Se alguma instituição lhe tentar “vender” um produto com estas características mas com uma taxa de juro mais elevada estará a praticar “usura”.

O que é a TAEG e para que serve?

Um dos grandes problemas para o consumidor, quando procura recorrer ao crédito, é não conseguir avaliar de forma concreta as ofertas do mercado financeiro. As instituições de crédito apresentam facilidades extremas, permitindo um processo quase que instantâneo para o acesso ao crédito ao consumo, passando muitas vezes para segundo plano o montante real gasto em todo o processo.
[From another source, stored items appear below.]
//! Machines are shown, paused and watched.
ghost use Rattle.std.specs.Prelude.{◌≡◌, ◌≢◌, length, Option};
ghost use Rattle.debugger.specs.declared.commands.DebugCommand.{DebugCommand};
ghost use Rattle.debugger.specs.declared.commands.MachineCommand.{MachineCommand};
ghost use Rattle.debugger.specs.declared.show.ShowCommand.{ShowCommand};
ghost use Rattle.world.specs.declared.events.Event.{Event};
ghost use Rattle.world.specs.declared.replies.Reply.{Reply};
ghost use Rattle.bpfagent_c.specs.Codes.{code_of};
ghost use Rattle.bpfagent_c.specs.Commanded.{Commanded, RepliesNumber};
ghost use Rattle.bpfagent_c.specs.Shown.{registers_of, values_of, value_count_of, bytes_of, text_of, text_count_of};

use crate::codes::{code_of, code_of_stack};
use crate::handle::{Agent, give, take};
use crate::numbers::{NOAGENT, NOMEM, OK};
use crate::shown::{Registers, write_bytes, write_values};
use crate::telling::{show, tell_debug};
use std::alloc::Global;
use world::{DebugCommand, Reply, ShowCommand, ShowReply};

/// Shows R0 to R10, slot, fuel and state of a machine.
#[unsafe(no_mangle)]
pub extern "C" fn bpfagent_regs(
    alloc: Global,
    agent: &mut Agent,
    machine: usize,
    registers: &mut Registers,
) -> u32
    ensures { (given : Option Reply) × Commanded agent.old (Event.Machine machine (MachineCommand.Show ShowCommand.Regs)) given agent.new
        × (result ≡ code_of given) × (registers.new ≡ registers_of given registers.old) }
{
    let given = show(agent, alloc, machine, ShowCommand::Regs);
    if let Some(
        Reply::Shown {
            reply: ShowReply::Registers(shown),
            ..
        },
    ) = &given
    {
        *registers = Registers::of(shown);
    }
    code_of(&given)
}

/// Shows what a machine has emitted, the oldest first: as many values as there is room for, and how many there are.
#[unsafe(no_mangle)]
pub extern "C" fn bpfagent_out(
    alloc: Global,
    agent: &mut Agent,
    machine: usize,
    values: &mut [u64],
    count: &mut usize,
) -> u32
    ensures { (given : Option Reply) × Commanded agent.old (Event.Machine machine (MachineCommand.Show ShowCommand.Out)) given agent.new
        × (result ≡ code_of given) × (values.new ≡ values_of given values.old) × (count.new ≡ value_count_of given count.old) }
{
    let given = show(agent, alloc, machine, ShowCommand::Out);
    if let Some(
        Reply::Shown {
            reply: ShowReply::Emitted(shown),
            ..
        },
    ) = &given
    {
        write_values(values, shown.as_slice());
        *count = shown.as_slice().len();
    }
    code_of(&given)
}

/// Copies bytes of a machine's stack over these, as many as they are.
#[unsafe(no_mangle)]
pub extern "C" fn bpfagent_stack(
    alloc: Global,
    agent: &mut Agent,
    machine: usize,
    offset: u32,
    bytes: &mut [u8],
) -> u32
    ensures replied { (given : Option Reply) × Commanded agent.old (Event.Machine machine (MachineCommand.Show (ShowCommand.Stack offset (length bytes.old))))
        given agent.new × (result ≡ code_of given) × (bytes.new ≡ bytes_of given bytes.old) }
    ensures memory { result ≢ NOMEM }
{
    let Some(world) = take(agent, alloc) else {
        return NOAGENT;
    };
    let number = match world.read_stack(machine, offset, bytes) {
        Ok(()) => OK,
        Err(error) => code_of_stack(error),
    };
    give(agent, alloc, world);
    number
}

/// The instruction at a slot, as assembly without a line end: as many bytes of it as there is room for, and how many it has.
#[unsafe(no_mangle)]
pub extern "C" fn bpfagent_line(
    alloc: Global,
    agent: &mut Agent,
    machine: usize,
    slot: u32,
    text: &mut [u8],
    count: &mut usize,
) -> u32
    ensures { (given : Option Reply) × Commanded agent.old (Event.Machine machine (MachineCommand.Show (ShowCommand.Line slot))) given agent.new
        × (result ≡ code_of given) × (text.new ≡ text_of given text.old) × (count.new ≡ text_count_of given count.old) }
{
    let given = show(agent, alloc, machine, ShowCommand::Line { slot });
    if let Some(
        Reply::Shown {
            reply: ShowReply::Disassembled { text: shown, .. },
            ..
        },
    ) = &given
    {
        write_bytes(text, shown.as_slice());
        *count = shown.as_slice().len();
    }
    code_of(&given)
}

/// Sets a breakpoint at a slot.
#[unsafe(no_mangle)]
pub extern "C" fn bpfagent_break(alloc: Global, agent: &mut Agent, machine: usize, slot: u32) -> u32
    ensures { RepliesNumber agent.old (Event.Machine machine (MachineCommand.Debug (DebugCommand.Break slot))) result agent.new }
{
    tell_debug(agent, alloc, machine, DebugCommand::Break { slot })
}

/// Clears the breakpoint at a slot.
#[unsafe(no_mangle)]
pub extern "C" fn bpfagent_unbreak(
    alloc: Global,
    agent: &mut Agent,
    machine: usize,
    slot: u32,
) -> u32
    ensures { RepliesNumber agent.old (Event.Machine machine (MachineCommand.Debug (DebugCommand.Unbreak slot))) result agent.new }
{
    tell_debug(agent, alloc, machine, DebugCommand::Unbreak { slot })
}

/// Watches a machine's writes to so many bytes from an address on.
#[unsafe(no_mangle)]
pub extern "C" fn bpfagent_watch(
    alloc: Global,
    agent: &mut Agent,
    machine: usize,
    address: u64,
    length: u32,
) -> u32
    ensures { RepliesNumber agent.old (Event.Machine machine (MachineCommand.Debug (DebugCommand.Watch address length))) result agent.new }
{
    tell_debug(
        agent,
        alloc,
        machine,
        DebugCommand::Watch { address, length },
    )
}

/// Watches a range no more.
#[unsafe(no_mangle)]
pub extern "C" fn bpfagent_unwatch(
    alloc: Global,
    agent: &mut Agent,
    machine: usize,
    address: u64,
    length: u32,
) -> u32
    ensures { RepliesNumber agent.old (Event.Machine machine (MachineCommand.Debug (DebugCommand.Unwatch address length))) result agent.new }
{
    tell_debug(
        agent,
        alloc,
        machine,
        DebugCommand::Unwatch { address, length },
    )
}

/// Lets a paused machine go on.
#[unsafe(no_mangle)]
pub extern "C" fn bpfagent_resume(alloc: Global, agent: &mut Agent, machine: usize) -> u32
    ensures { RepliesNumber agent.old (Event.Machine machine (MachineCommand.Debug DebugCommand.Resume)) result agent.new }
{
    tell_debug(agent, alloc, machine, DebugCommand::Resume)
}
Quando pondera o acesso ao crédito, você deve ter em conta a TAEG (Taxa anual efectiva global de encargos). Na TAEG para além dos juros, são também incluídos todos os encargos a pagar pelo cliente relacionados com a operação de crédito e que constituem receitas para o banco (comissões, despesas de expediente, entre outros custos) e, ainda, os seguros de vida. A TAEG inclui também os impostos associados ao contrato de crédito (selo, etc.) e circunscreve-se às operações de crédito ao consumo. O valor da TAEG é expresso em percentagem anual do montante de crédito concedido, permitindo assim ao consumidor saber o montante real a pagar.

Para efectuar o cálculo da TAEG é necessário recorrer a uma série matemática, o que torna complicado o consumidor efectuar as suas contas e tomar as suas opções. Para que possa calcular a TAEG de forma simples, aconselhamos que recorra ao Portal do Cliente Bancário e aceda ao simulador que lhe permite determinar a TAEG.

Simulador: clique aqui.

Não se esqueça, sempre que pretender recorrer ao crédito de consumo, por exemplo, para comprar um carro, você deverá verificar as várias TAEG e compara-las, de forma a ter uma noção real das condições apresentadas pelas instituições de crédito ao consumidor. É importante ter presente que nem sempre juros baixos são sinónimo de empréstimos a baixo custo, tenha sempre em consideração a TAEG. Uma leitura paciente dos contratos de concessão de créditos e em particular as letras pequenas que estão disponíveis nas comunicações comerciais são determinantes para que decida conscientemente.

Os 8 elementos importantes de um crédito pessoal

1. O contrato de crédito
O contrato de crédito é vínculo que rege a promessa de concessão de crédito a um devedor, sob forma de pagamento, mútuo, utilização de cartões de crédito ou qualquer outro acordo financeiro do tipo.

2. O Devedor
É a pessoa singular que geralmente contrai o crédito e o fica a dever.

3. O Credor
É a pessoa singular ou colectiva que concede o crédito, geralmente em forma de prestações.

4. O Prazo
O prazo é geralmente o limite máximo de devolução do empréstimo, que pode variar conforme a instituição bancária em questão. Normalmente, quanto maior o prazo maior a taxa de juro.

5. Os Juros
São o preço a pagar pelo risco da operação, e também representam a retribuição dos montantes emprestados. O que geralmente acontece com frequência, é as instituições bancárias pedirem a domiciliação do ordenado para a conta naquele banco, diminuindo o risco de incumprimento, e diminuindo igualmente o preço do juro.

6. A TAEG (Taxa Anual Efectiva Global de Encargos)
É a taxa que permite regular todos os custos inerentes a um empréstimo: os juros e outros encargos e impostos associados.

7. O Avalista
Um avalista é alguém que se compromete perante a instituição bancária, em pagar a divida contraida pelo devedor, caso ele entre em incumprimento no pagamento dos montantes em dívida. O avalista poderá ser automaticamente lesado, a partir do momento que o devedor falhar uma primeira prestação.

8. As Comissões
São o preço que a instituição bancária cobra, relativamente a despesas administrativas com a formalização, gestão e liquidação do crédito.